Trials and Evaluation:

As outlined in the project paper, the design was refined through numerous iterations and prototypes in both software and hardware. Field trials were also conducted with professional musicians in natural settings, primarily in ensemble setups alongside acoustic instruments during imitation and listening sessions. The focus of these trials was primarily on the design’s durability. However, the paper does not address the feedback received or any interaction with the musician group.

Furthermore, the paper notes consultations with birding communities. These sessions encompassed playing, comparisons, discussions, and analysis. The authors contend that birders, as expert wildlife listeners, offered invaluable insights that influenced the synthesis and gestural control aspects of the device’s design.

Usabilty and Engagement:

In contrast to prior systems that utilize fixed spectromorphologies, parameters, and envelopes, the approach discussed here ventures into the realm of dynamic spectral interaction. The On Call device, leveraging its microprocessor PCB audio system for sound synthesis, places a premium on user-friendliness and ease of use, even if it means compromising on imitative accuracy. Holland et al. explored the question of whether musical interaction should necessarily be simple (Holland et al., 2013). Emulation, as defined by imitative accuracy in this project, is brought into focus by Kesilar, who examines the challenge of addressing a well-known issue which in this case is imatation of wildlife tones(Keisler, 2001). This prompts an inquiry: Does this design approach risk diminishing user engagement? McDermott and peers suggest that long-lasting engagement often stems from activities that present initial challenges to novices(McDermott et al., 2013).

Sources

  • Brown, A. R. (Ed.). (2022). On Board Call: A Gestural Wildlife Imitation Machine. NIME 2022. https://doi.org/10.21428/92fbeb44.71a5a0ba

  • Drummond, J. (2009). Understanding Interactive Systems. Organised Sound, 14(2), 124-133. https://doi.org/10.1017/S1355771809000235

  • Holland, S., Wilkie, K., Mulholland, P., & Seago, A. (2013). Music Interaction: Understanding Music and Human-Computer Interaction. In S. Holland, K. Wilkie, P. Mulholland, & A. Seago (Eds.), Music and Human-Computer Interaction (Springer Series on Cultural Computing). Springer, London. https://doi.org/10.1007/978-1-4471-2990-5_1

  • Hunt, A., & Kirk, R. (2000). Mapping Strategies for Musical Performance. In M. M. Wanderley & M. Battier (Eds.), Trends in Gestural Control of Music. IRCAM–Centre Pompidou.

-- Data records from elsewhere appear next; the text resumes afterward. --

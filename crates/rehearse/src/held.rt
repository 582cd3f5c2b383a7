//! The rows at hand: reports under their MACs, in memory of the program.

ghost use Rattle.std.specs.Prelude.{◌≡◌, [], Ok, Err, MatchResult};
ghost use Rattle.composition.specs.Meaning.{described};
ghost use Rattle.composition.specs.Faults.{told, line_fault};
ghost use Rattle.rehearse.specs.Rows.{at_hand, held_answer, held_keeps};

use composition::{Composition, LineFault};
use directory::limits::NODES;
use keyed::list::records;
use keyed::{Full, Table};
use report::Report;

/// The first `count` places hold the reports, in rising order of their MACs. A table stores in free places of memory that
/// it is lent, so the count stands beside the places.
#[derive(Drop)]
pub struct Held {
    places: [Report; NODES],
    count: usize,
}

impl Held {
    pub fn none() -> Held
        ensures { at_hand result ≡ [] }
    {
        Held {
            places: [Report::default(); NODES],
            count: 0,
        }
    }

    /// Stores a report, also in place of one under an equal MAC, and answers how many there are then.
    pub fn store(&mut self, report: Report) -> Result<usize, Full>
        ensures answer { result ≡ held_answer report self.old }
        ensures rows { at_hand self.new ≡ held_keeps report self.old }
    {
        let len = self.count;
        let mut table = Table::new(&mut self.places, len);
        let count = table.store(report)?;
        self.count = count;
        Ok(count)
    }

    /// The true reports of a described train, or the rule that it breaks.
    pub fn of_train(train: &Composition) -> Result<Held, LineFault>
        ensures { MatchResult result
            (λ _. told (line_fault (described train.now.consists.now)) ≡ Ok tt)
            (λ fault. told (line_fault (described train.now.consists.now)) ≡ Err fault) }
    {
        train.check()?;
        let mut reports = [Report::default(); NODES];
        let mut held = Held::none();
        if let Ok(count) = train.reports(&mut reports) {
            for report in reports.iter().take(count) {
                let _ = held.store(*report);
            }
        }
        Ok(held)
    }

    pub fn reports(&self) -> &[Report]
        ensures { result.now ≡ at_hand self.now }
    {
        records(&self.places, self.count)
    }
}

  • Keislar, D. (2011). A Historical View of Computer Music Technology. In R. T. Dean (Ed.), The Oxford Handbook of Computer Music (Oxford Handbooks online edition). Oxford Academic. https://doi.org/10.1093/oxfordhb/9780199792030.013.0002

  • McDermott, J., Gifford, T., Bouwer, A., & Wagy, M. (2013). Should Music Interaction Be Easy?. In S. Holland, K. Wilkie, P. Mulholland, & A. Seago (Eds.), Music and Human-Computer Interaction (Springer Series on Cultural Computing). Springer, London. https://doi.org/10.1007/978-1-4471-2990-5_2

  • Miranda, E. R., & Wanderley, M. (2006). New Digital Musical Instruments: Control and Interaction Beyond the Keyboard. A-R Editions.